Introduction

Eriocephalus africanus L. var. africanus (Asteraceae), commonly known as ‘wild rosemary’ or ‘Cape snow bush’ is a bushy, woody evergreen shrub (Njenga et al. 2005; Verdeguer et al. 2009). The genus, which is endemic to South Africa, consists of 32 species that are distributed in the Eastern, Western and Northern Cape (Njenga and Viljoen 2006; Viljoen et al. 2006). Eriocephalus africanus has a long tap root and needle-shaped leaves, which helps in water absorption and reduce water loss, respectively. Thus, the plant is adapted to dry, sunny and rocky environments. The species flowers best in winter producing a spectacular view of small snow white flowers (Catarino et al. 2015), which endows the plant species its high ornamental value (Verdeguer et al. 2009). Economically, its leaves are used when preparing food products such as salads and soups as well as for flavouring butter, oil and wine (Catarino et al. 2015).

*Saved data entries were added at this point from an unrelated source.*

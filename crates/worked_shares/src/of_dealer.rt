// Dealing: its limits and worked sheets. A call prints its refusal's number, or 0.
ghost use Rattle.std.specs.Prelude.{◌≤◌};

use fields::P;

// The first number that is no mask.
const MASKS: u64 = 1 << 58;

// Drawn bytes of 33 rounds, for three parties and for five.
const BYTES_OF_3: usize = 188;

const BYTES_OF_5: usize = 314;

// Those of seven rounds, for three.
const SEVEN_OF_3: usize = 343;

pub(crate) fn print() {
    ranges();
    lengths();
    draws();
    order();
    left();
    worked();
    lasts();
    lengths_of_seven();
    seven();
}

// n is 3 to 9, and a party's number 1 to n.
fn ranges() {
    report::title(b"deal ranges:");
    of_sizes(3, 1, 33, 2, BYTES_OF_3, 127);
    of_sizes(2, 1, 33, 2, BYTES_OF_3, 127);
    of_sizes(9, 9, 33, 5, 566, 127);
    of_sizes(10, 1, 33, 5, 566, 127);
    of_sizes(3, 0, 33, 2, BYTES_OF_3, 127);
    of_sizes(3, 3, 33, 2, BYTES_OF_3, 127);
    of_sizes(3, 4, 33, 2, BYTES_OF_3, 127);
    report::end();
}

// Each slice one short and one long; then no words, and five parties, whose secrets take two
// coefficients each.
fn lengths() {
    report::title(b"deal lengths:");
    of_sizes(3, 1, 33, 1, BYTES_OF_3, 127);
    of_sizes(3, 1, 33, 3, BYTES_OF_3, 127);
    of_sizes(3, 1, 33, 2, 187, 127);
    of_sizes(3, 1, 33, 2, 189, 127);
    of_sizes(3, 1, 33, 2, BYTES_OF_3, 126);
    of_sizes(3, 1, 33, 2, BYTES_OF_3, 128);
    of_sizes(3, 1, 33, 0, BYTES_OF_3, 127);
    of_sizes(5, 1, 33, 3, BYTES_OF_3, 127);
    of_sizes(5, 1, 33, 3, BYTES_OF_5, 127);
    report::end();
}

// A mask is below 2^58 and a coefficient below p.
fn draws() {
    report::title(b"deal draws:");
    of_words(1, &[MASKS - 1, 0], BYTES_OF_3);
    of_words(1, &[MASKS, 0], BYTES_OF_3);
    of_words(1, &[0, P - 1], BYTES_OF_3);
    of_words(1, &[0, P], BYTES_OF_3);
    report::end();
}

// Calls with more than one fault: the lowest number is given.
fn order() {
    report::title(b"deal order:");
    of_words(4, &[0, 0], 187);
    of_words(1, &[MASKS, 0], 187);
    report::end();
}

// What a refused call leaves.
fn left() {
    report::title(b"deal refused leaves:");
    let bytes = [1u8; 188];
    let mut sheet = [9u64; 127];
    call(3, 1, 33, &[MASKS, 0], &bytes, &mut sheet);
    report::numbers(&sheet);
    report::end();
}

fn worked() {
    report::title(b"dealt to 3, party 1:");
    of_three(1);
    report::end();

    report::title(b"dealt to 3, party 2:");
    of_three(2);
    report::end();

    report::title(b"dealt to 3, party 3:");
    of_three(3);
    report::end();

    report::title(b"dealt to 5, party 5:");
    let mut bytes = [0u8; 314];
    fill(&mut bytes, 91, 200);
    let mut sheet = [9u64; 127];
    call(5, 5, 33, &[MASKS - 1, P - 1, P - 1], &bytes, &mut sheet);
    report::numbers(&sheet);
    report::end();
}

fn of_three(own: u64) {
    let mut bytes = [0u8; 188];
    fill(&mut bytes, 37, 11);
    let mut sheet = [9u64; 127];
    call(3, own, 33, &[192060124296846909, P - 2], &bytes, &mut sheet);
    report::numbers(&sheet);
}

// The last round of the probes is 33 or 7, and what is lent goes by it. Another is refused, whatever is
// lent.
fn lasts() {
    report::title(b"deal last rounds:");
    of_sizes(3, 1, 33, 2, BYTES_OF_3, 127);
    of_sizes(3, 1, 7, 2, SEVEN_OF_3, 220);
    of_sizes(3, 1, 8, 2, SEVEN_OF_3, 220);
    of_sizes(3, 1, 8, 2, BYTES_OF_3, 127);
    of_sizes(3, 1, 0, 0, 0, 0);
    report::end();
}

// Each slice one short and one long; bytes or a sheet of 33 rounds; and nine parties.
fn lengths_of_seven() {
    report::title(b"deal lengths of seven rounds:");
    of_sizes(3, 1, 7, 1, SEVEN_OF_3, 220);
    of_sizes(3, 1, 7, 3, SEVEN_OF_3, 220);
    of_sizes(3, 1, 7, 2, 342, 220);
    of_sizes(3, 1, 7, 2, 344, 220);
    of_sizes(3, 1, 7, 2, SEVEN_OF_3, 219);
    of_sizes(3, 1, 7, 2, SEVEN_OF_3, 221);
    of_sizes(3, 1, 7, 2, BYTES_OF_3, 220);
    of_sizes(3, 1, 7, 2, SEVEN_OF_3, 127);
    of_sizes(3, 1, 33, 2, SEVEN_OF_3, 220);
    of_sizes(9, 9, 7, 5, 1000, 220);
    report::end();
}

// From the draws of the sheets above, and as many bytes more: the words that a sheet of 33 rounds has come
// first.
fn seven() {
    report::title(b"dealt for seven rounds to 3, party 2:");
    let mut bytes = [0u8; 343];
    fill(&mut bytes, 37, 11);
    let mut sheet = [9u64; 220];
    call(3, 2, 7, &[192060124296846909, P - 2], &bytes, &mut sheet);
    report::numbers(&sheet);
    report::end();
}

// Place i holds start + i * step, modulo 256, as a byte or as a word.
pub fn fill<T: From<u8> + Copy>(places: &mut [T], step: u8, start: u8) {
    let mut next = start;
    for place in places.iter_mut() {
        *place = T::from(next);
        next = next.wrapping_add(step);
    }
}

// Three parties' words, and so many bytes of 0.
fn of_words(own: u64, words: &[u64], count: usize)
    requires { count ≤ 188 }
{
    let bytes = [0u8; 188];
    let mut sheet = [9u64; 127];
    call(3, own, 33, words, &bytes[..count], &mut sheet);
}

// Words and bytes of 0, so many of each, and a sheet of so many words.
fn of_sizes(n: u64, own: u64, last: u64, words: usize, bytes: usize, sheet: usize)
    requires { (words ≤ 5) × (bytes ≤ 1000) × (sheet ≤ 221) }
{
    let zero_words = [0u64; 5];
    let zero_bytes = [0u8; 1000];
    let mut nines = [9u64; 221];
    call(
        n,
        own,
        last,
        &zero_words[..words],
        &zero_bytes[..bytes],
        &mut nines[..sheet],
    );
}

fn call(n: u64, own: u64, last: u64, words: &[u64], bytes: &[u8], sheet: &mut [u64]) {
    let judgement = dealer::deal(n, own, last, words, bytes, sheet);
    report::number(refusal::code(judgement));
}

In traditional medicine, the stem and leaves of the plant are extensively used to treat various diseases. For instance, E. africanus infusions are used in the treatment of colds and influenza, stomach disorders and gynaecological conditions, and a reliever in symptoms of colic and gas in babies (Njenga and Viljoen 2006). In addition, it is used to relieve chest pains (Salie et al. 1996) and inflammations (Philander 2011; Lall and Kishore 2014). Tea from E. africanus leaves is commonly used for treating cough and colds (Salie et al. 1996). In Western Cape, it is popular for cosmetic purposes such that essential oils derived from it are used in aromatherapy (Makunga et al. 2008; Philander 2011).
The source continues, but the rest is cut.